The approach to the compiling the series of books was to create something greater than a series of mere “guidebooks,” as the title suggests. With the collection, Meuser and Dalbai set out to both pose and answer the question: how should we explore Africa’s architectural discourses differently.
Per the book’s foreword, the result is a set of books that are an “original archival documentation of the sources of architectural studies for current and future students, scholars, practitioners, and for general interest readers and researchers.”
“For the very first time the architecture of every sub-Saharan country is presented individually in an individual chapter, some of which cover the respective country's contemporary architecture for the first time ever," Dalbai told Dezeen.

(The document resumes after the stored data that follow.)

// How many leaves types have.
ghost use Rattle.std.specs.Prelude.{◌≡◌, ◌≤◌, ◌+◌, ◌*◌, drop, IfOk};
ghost use Rattle.c_tree.specs.Layout.{members_of};
ghost use Rattle.c_typing.specs.Plain.{plain};
ghost use Rattle.c_defs.specs.Leaves.{leaf_count, leaves_of_members};
ghost use Rattle.c_defs.specs.Kept.{AreKept, IsCount};

use crate::rows::{StructRow, row_at};
use c_tree::{CType, Member, StructDef, members};
use std::alloc::AllocError;

/// The deepest that a member may be.
const DEEPEST_MEMBER: u32 = 63;

/// So many items of so many leaves.
fn times(n: u32, leaves: u32) -> Result<u32, AllocError>
    ensures { IfOk result (λ all. all ≡ n * leaves) }
{
    match n.checked_mul(leaves) {
        None => Err(AllocError),
        Some(all) => Ok(all),
    }
}

/// So many leaves and so many more.
fn plus(leaves: u32, more: u32) -> Result<u32, AllocError>
    ensures { IfOk result (λ all. all ≡ leaves + more) }
{
    match leaves.checked_add(more) {
        None => Err(AllocError),
        Some(all) => Ok(all),
    }
}

/// How many leaves a type has that is at most so deep. Where they are 2^32 or more, there is no memory for them.
#[cycle(counting)]
#[tactic(auto, using(crate::proofs::Counted::array_count, crate::proofs::Counted::struct_count))]
pub fn leaf_count(
    defs: &[StructDef],
    rows: &[Option<StructRow<'_>>],
    deep: u32,
    t: &CType,
) -> Result<u32, AllocError>
    requires kept { AreKept defs.now rows.now }
    requires deep { deep ≤ 64 }
    ensures { IfOk result (λ n. n ≡ leaf_count defs.now deep (plain t.now)) }
{
    if deep == 0 {
        return Ok(0);
    }
    match t {
        CType::Void => Ok(0),
        CType::Array(item, n) => times(*n, leaf_count(defs, rows, deep - 1, item)?),
        CType::Struct(s) => leaves_of_struct(defs, rows, deep - 1, *s),
        CType::Char | CType::Int | CType::Unsigned | CType::Pointer(_) => Ok(1),
    }
}

/// How many leaves a struct's members have that are at most so deep, where that is kept.
fn kept_leaves(defs: &[StructDef], rows: &[Option<StructRow<'_>>], deep: u32, s: u32) -> Option<u32>
    requires kept { AreKept defs.now rows.now }
    requires deep { deep ≤ 64 }
    ensures { IsCount result (leaves_of_members (leaf_count defs.now deep) (members_of defs.now s)) }
{
    match row_at(rows, s) {
        None => None,
        Some(row) => {
            if row.deepest <= deep.min(DEEPEST_MEMBER) {
                return row.leaves;
            }
            None
        }
    }
}

/// How many leaves a struct's members have that are at most so deep.
#[cycle(counting)]
fn leaves_of_struct(
    defs: &[StructDef],
    rows: &[Option<StructRow<'_>>],
    deep: u32,
    s: u32,
) -> Result<u32, AllocError>
    requires kept { AreKept defs.now rows.now }
    requires deep { deep ≤ 63 }
    ensures { IfOk result (λ n. n ≡ leaves_of_members (leaf_count defs.now deep) (members_of defs.now s)) }
{
    match kept_leaves(defs, rows, deep, s) {
        Some(leaves) => Ok(leaves),
        None => leaves_of_members(defs, rows, deep, members(defs, s)),
    }
}

/// How many leaves some members have that are at most so deep.
#[cycle(counting)]
pub fn leaves_of_members(
    defs: &[StructDef],
    rows: &[Option<StructRow<'_>>],
    deep: u32,
    members: &[Member],
) -> Result<u32, AllocError>
    requires kept { AreKept defs.now rows.now }
    requires deep { deep ≤ 64 }
    ensures { IfOk result (λ n. n ≡ leaves_of_members (leaf_count defs.now deep) members.now) }
{
    let mut leaves = 0;
    for member in members {
        leaves = plus(leaves, leaf_count(defs, rows, deep, &member.ctype)?)?;
    }
    Ok(leaves)
}

/// What is left of so many leaves behind those of some members.
fn behind(
    defs: &[StructDef],
    rows: &[Option<StructRow<'_>>],
    deep: u32,
    all: u32,
    first: &[Member],
) -> Result<u32, AllocError>
    requires kept { AreKept defs.now rows.now }
    requires deep { deep ≤ 64 }
    requires all { leaves_of_members (leaf_count defs.now deep) first.now ≤ all }
    ensures { IfOk result (λ n. n + leaves_of_members (leaf_count defs.now deep) first.now ≡ all) }
{
    let before = leaves_of_members(defs, rows, deep, first)?;
    Ok(all - before)
}

/// How many leaves a struct's members have behind the first `k`.
pub fn leaves_behind(
    defs: &[StructDef],
    rows: &[Option<StructRow<'_>>],
    deep: u32,
    s: u32,
    k: usize,
) -> Result<u32, AllocError>
    requires kept { AreKept defs.now rows.now }
    requires deep { deep ≤ 64 }
    ensures { IfOk result (λ n. n ≡ leaves_of_members (leaf_count defs.now deep) (drop k (members_of defs.now s))) }
{
    let members = members(defs, s);
    match members.get(k..) {
        None => Ok(0),
        Some(rest) => match kept_leaves(defs, rows, deep, s) {
            None => leaves_of_members(defs, rows, deep, rest),
            Some(all) => behind(defs, rows, deep, all, &members[..k]),
        },
    }
}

“While there are specialised publications on particular aspects of the region’s architecture, we felt there was a dearth of ambitious surveys of the region as a whole, which examine Africa's architecture for its own sake, rather than viewed as a manifestation of perpetual conflict or romantic transfiguration," said Meuser.
Combined the collection spans more than 3,400 pages with an astounding 5,000 accompanying images and illustrations. Each of the 49 chapters focuses on a single country.
The volumes are broken down as follows:
Vol. 1: Introduction to the History and Theory of African Architecture
Vol. 2: Western Africa from the Atlantic Ocean to the Sahel
Vol. 3: Western Africa along the Atlantic Ocean Coast
Vol. 4: Eastern Africa from the Sahel to the Horn of Africa
Vol. 5: Eastern Africa from the Great Lakes to the Indian Ocean
Vol. 6: Central Africa from the Atlantic Ocean to the Great Lakes
Vol. 7: Southern Africa between the Atlantic and Indian Oceans
The collection is expected to go on sale in April 2021 and will retail for €148. It can be purchased via DOM Publishers’ website.